=== Begin Enclosure ===

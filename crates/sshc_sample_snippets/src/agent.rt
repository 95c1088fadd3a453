//! The agent core.

use sshc_agent_core::{AgentCore, AgentOutput, Frames};
use sshc_key::LocalSigner;
use sshc_wire::NoMemory;

/// The agent's answer, at a moment in milliseconds, to the next whole frame of one connection, after these bytes came;
/// `None` while no frame is whole. The bytes may come in any pieces.
pub fn answer_frame<G: LocalSigner>(
    agent: &mut AgentCore,
    frames: &mut Frames,
    now: u64,
    conn: u32,
    bytes: &[u8],
    signer: &mut G,
) -> Result<Option<AgentOutput>, NoMemory> {
    frames.push(bytes)?;
    match frames.next()? {
        Some(input) => Ok(Some(agent.step(now, conn, &input, signer))),
        None => Ok(None),
    }
}
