//! Measurements, printed as counts, and many cases in one process.
//!
//! The first argument names what is run, two numbers how much of it (README.md lists them). Without arguments there is a
//! small run of each measurement, and then the cases of standard input.
#![tactic(auto)]

mod agent;
mod cases;
mod channels;
mod handle;
mod script;
mod waking;

use std::env;
use std::process::ExitCode;
use std::sync::Wait;
use std::thread::Threads;
use std::time::Clock;

/// The runs without arguments.
const SMALL: [(&str, u32, u32); 13] = [
    ("channels", 3, 10),
    ("packets", 1_000, 2),
    ("grants", 3, 10),
    ("flushes", 3, 10),
    ("closes", 1, 10),
    ("oldest-first", 10, 0),
    ("events", 3, 30),
    ("script", 12, 0),
    ("list", 3, 10),
    ("sign", 3, 10),
    ("pings", 1, 16),
    ("woken", 16, 0),
    ("channel", 16, 0),
];

/// The number in an argument; 0 if there is no number.
fn number(word: Option<String>) -> u32 {
    match word {
        Some(word) => word.as_str().parse::<u32>().unwrap_or(0),
        None => 0,
    }
}

/// The line of a session over a transport that another thread fills.
fn waking_line<R: Threads + Wait + Sync + AllocGlobal + Clock>(
    rt: &R,
    name: &str,
    first: u32,
    second: u32,
) -> anyhow::Result<String> {
    let answered = waking::answered(rt, name, u64::from(first), u64::from(second))?;
    Ok(format!(in rt.alloc(); "{answered} came back")?)
}

/// Makes one run, and returns its line.
fn line<R: Threads + Wait + Sync + AllocGlobal + Clock>(
    rt: &R,
    name: &str,
    first: u32,
    second: u32,
) -> anyhow::Result<String> {
    let alloc = rt.alloc();
    match name {
        "script" => Ok(script::line(alloc, first)?),
        "list" => Ok(agent::line(alloc, false, first, second)?),
        "sign" => Ok(agent::line(alloc, true, first, second)?),
        "pings" => handle::line(rt, first, second),
        "woken" | "polled" | "beside" | "idle" | "idle-polled" | "channel" => {
            waking_line(rt, name, first, second)
        }
        "channels" | "packets" | "grants" | "flushes" | "closes" | "oldest-first" | "events" => {
            Ok(channels::line(alloc, name, first, second)?)
        }
        _ => Ok(String::from_str(alloc, "NAME FIRST SECOND")?),
    }
}

fn main(rt: HostRuntime) -> anyhow::Result<ExitCode> {
    let mut words = env::args(&rt)?;
    let _program = words.next();
    let status = match words.next() {
        None => {
            for (name, first, second) in SMALL {
                println!(&rt; "{}", line(&rt, name, first, second)?)?;
            }
            cases::run(&rt)?
        }
        Some(name) if name.as_str() == "cases" => cases::run(&rt)?,
        Some(name) => {
            let first = number(words.next());
            let second = number(words.next());
            println!(&rt; "{}", line(&rt, name.as_str(), first, second)?)?;
            0
        }
    };
    Ok(ExitCode::from(status))
}
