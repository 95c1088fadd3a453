//! A local port's stream served with a channel of a session, and the core of forwards by itself.

use sshc_client::Handler;
use sshc_forward::{ForwardCore, FwdEvent, FwdOutput, FwdRefused, StreamEnd, serve_pair};
use sshc_handle::{Handle, HandleCalls};
use sshc_wire::{Sink, Source};
use std::alloc::Global;
use std::sync::Wait;
use std::thread::Threads;

/// Joins a stream that was accepted to its channel, and returns what is to be done.
pub fn join_pair(core: &mut ForwardCore) -> Result<Vec<FwdOutput>, FwdRefused> {
    core.step(&FwdEvent::Opened {
        stream: 1,
        channel: 7,
    })
}

/// Opens a channel to port 7 of the server's host "echo" for a stream that came to a local port, and serves both until
/// the channel is closed. Whether it was served.
pub fn serve_local<
    H: Handler,
    S: Source + Send,
    K: Sink + StreamEnd + Send,
    R: Threads + Wait + Sync,
>(rt: &R, alloc: Global, handle: &Handle<H>, reader: &mut S, writer: &mut K) -> bool
where
    H::Error: Send,
{
    match handle.channel_open_direct_tcpip(rt, "echo", 7, "127.0.0.1", 1000) {
        Ok(channel) => serve_pair(rt, alloc, handle, channel, reader, writer).is_ok(),
        Err(_refused) => false,
    }
}
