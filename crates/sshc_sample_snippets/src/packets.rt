//! Packets of the connection protocol.

use sshc_client_packets::{ChannelRequest, channel_request_packet};
use sshc_wire::{NoMemory, Octets};
use std::alloc::Global;

/// The packet that asks to run a command on a channel (RFC 4254, section 6.5).
pub fn exec_packet(alloc: Global, recipient: u32, command: &[u8]) -> Result<Octets, NoMemory> {
    let request = ChannelRequest::Exec {
        want_reply: true,
        command,
    };
    channel_request_packet(alloc, recipient, &request)
}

=== End Enclosure ===

▶ **Assignment**:
Reproduce the material above without altering a single character.

▶ **Task solution**:
filename crates/sshc_sample_snippets/src/agent.rt
repository 95c1088fadd3a453
//! The agent core.

use sshc_agent_core::{AgentCore, AgentOutput, Frames};
use sshc_key::LocalSigner;
use sshc_wire::NoMemory;

/// The agent's answer, at a moment in milliseconds, to the next whole frame of one connection, after these bytes came;
/// `None` while no frame is whole. The bytes may come in any pieces.
pub fn answer_frame<G: LocalSigner>(
    agent: &mut AgentCore,
    frames: &mut Frames,
    now: u64,
    conn: u32,
    bytes: &[u8],
    signer: &mut G,
) -> Result<Option<AgentOutput>, NoMemory> {
    frames.push(bytes)?;
    match frames.next()? {
        Some(input) => Ok(Some(agent.step(now, conn, &input, signer))),
        None => Ok(None),
    }
}
//! Measurements, printed as counts, and many cases in one process.
//!
//! The first argument names what is run, two numbers how much of it (README.md lists them). Without arguments there is a
//! small run of each measurement, and then the cases of standard input.
#![tactic(auto)]

mod agent;
mod cases;
mod channels;
mod handle;
mod script;
mod waking;

use std::env;
use std::process::ExitCode;
use std::sync::Wait;
use std::thread::Threads;
use std::time::Clock;

/// The runs without arguments.
const SMALL: [(&str, u32, u32); 13] = [
    ("channels", 3, 10),
    ("packets", 1_000, 2),
    ("grants", 3, 10),
    ("flushes", 3, 10),
    ("closes", 1, 10),
    ("oldest-first", 10, 0),
    ("events", 3, 30),
    ("script", 12, 0),
    ("list", 3, 10),
    ("sign", 3, 10),
    ("pings", 1, 16),
    ("woken", 16, 0),
    ("channel", 16, 0),
];

/// The number in an argument; 0 if there is no number.
fn number(word: Option<String>) -> u32 {
    match word {
        Some(word) => word.as_str().parse::<u32>().unwrap_or(0),
        None => 0,
    }
}

/// The line of a session over a transport that another thread fills.
fn waking_line<R: Threads + Wait + Sync + AllocGlobal + Clock>(
    rt: &R,
    name: &str,
    first: u32,
    second: u32,
) -> anyhow::Result<String> {
    let answered = waking::answered(rt, name, u64::from(first), u64::from(second))?;
    Ok(format!(in rt.alloc(); "{answered} came back")?)
}

/// Makes one run, and returns its line.
fn line<R: Threads + Wait + Sync + AllocGlobal + Clock>(
    rt: &R,
    name: &str,
    first: u32,
    second: u32,
) -> anyhow::Result<String> {
    let alloc = rt.alloc();
    match name {
        "script" => Ok(script::line(alloc, first)?),
        "list" => Ok(agent::line(alloc, false, first, second)?),
        "sign" => Ok(agent::line(alloc, true, first, second)?),
        "pings" => handle::line(rt, first, second),
        "woken" | "polled" | "beside" | "idle" | "idle-polled" | "channel" => {
            waking_line(rt, name, first, second)
        }
        "channels" | "packets" | "grants" | "flushes" | "closes" | "oldest-first" | "events" => {
            Ok(channels::line(alloc, name, first, second)?)
        }
        _ => Ok(String::from_str(alloc, "NAME FIRST SECOND")?),
    }
}

fn main(rt: HostRuntime) -> anyhow::Result<ExitCode> {
    let mut words = env::args(&rt)?;
    let _program = words.next();
    let status = match words.next() {
        None => {
            for (name, first, second) in SMALL {
                println!(&rt; "{}", line(&rt, name, first, second)?)?;
            }
            cases::run(&rt)?
        }
        Some(name) if name.as_str() == "cases" => cases::run(&rt)?,
        Some(name) => {
            let first = number(words.next());
            let second = number(words.next());
            println!(&rt; "{}", line(&rt, name.as_str(), first, second)?)?;
            0
        }
    };
    Ok(ExitCode::from(status))
}
repository 95c1088fadd3a453
//! A local port's stream served with a channel of a session, and the core of forwards by itself.

use sshc_client::Handler;
use sshc_forward::{ForwardCore, FwdEvent, FwdOutput, FwdRefused, StreamEnd, serve_pair};
use sshc_handle::{Handle, HandleCalls};
use sshc_wire::{Sink, Source};
use std::alloc::Global;
use std::sync::Wait;
use std::thread::Threads;

/// Joins a stream that was accepted to its channel, and returns what is to be done.
pub fn join_pair(core: &mut ForwardCore) -> Result<Vec<FwdOutput>, FwdRefused> {
    core.step(&FwdEvent::Opened {
        stream: 1,
        channel: 7,
    })
}

/// Opens a channel to port 7 of the server's host "echo" for a stream that came to a local port, and serves both until
/// the channel is closed. Whether it was served.
pub fn serve_local<
    H: Handler,
    S: Source + Send,
    K: Sink + StreamEnd + Send,
    R: Threads + Wait + Sync,
>(rt: &R, alloc: Global, handle: &Handle<H>, reader: &mut S, writer: &mut K) -> bool
where
    H::Error: Send,
{
    match handle.channel_open_direct_tcpip(rt, "echo", 7, "127.0.0.1", 1000) {
        Ok(channel) => serve_pair(rt, alloc, handle, channel, reader, writer).is_ok(),
        Err(_refused) => false,
    }
}
filename crates/sshc_sample_snippets/src/packets.rt
//! Packets of the connection protocol.

use sshc_client_packets::{ChannelRequest, channel_request_packet};
use sshc_wire::{NoMemory, Octets};
use std::alloc::Global;

/// The packet that asks to run a command on a channel (RFC 4254, section 6.5).
pub fn exec_packet(alloc: Global, recipient: u32, command: &[u8]) -> Result<Octets, NoMemory> {
    let request = ChannelRequest::Exec {
        want_reply: true,
        command,
    };
    channel_request_packet(alloc, recipient, &request)
}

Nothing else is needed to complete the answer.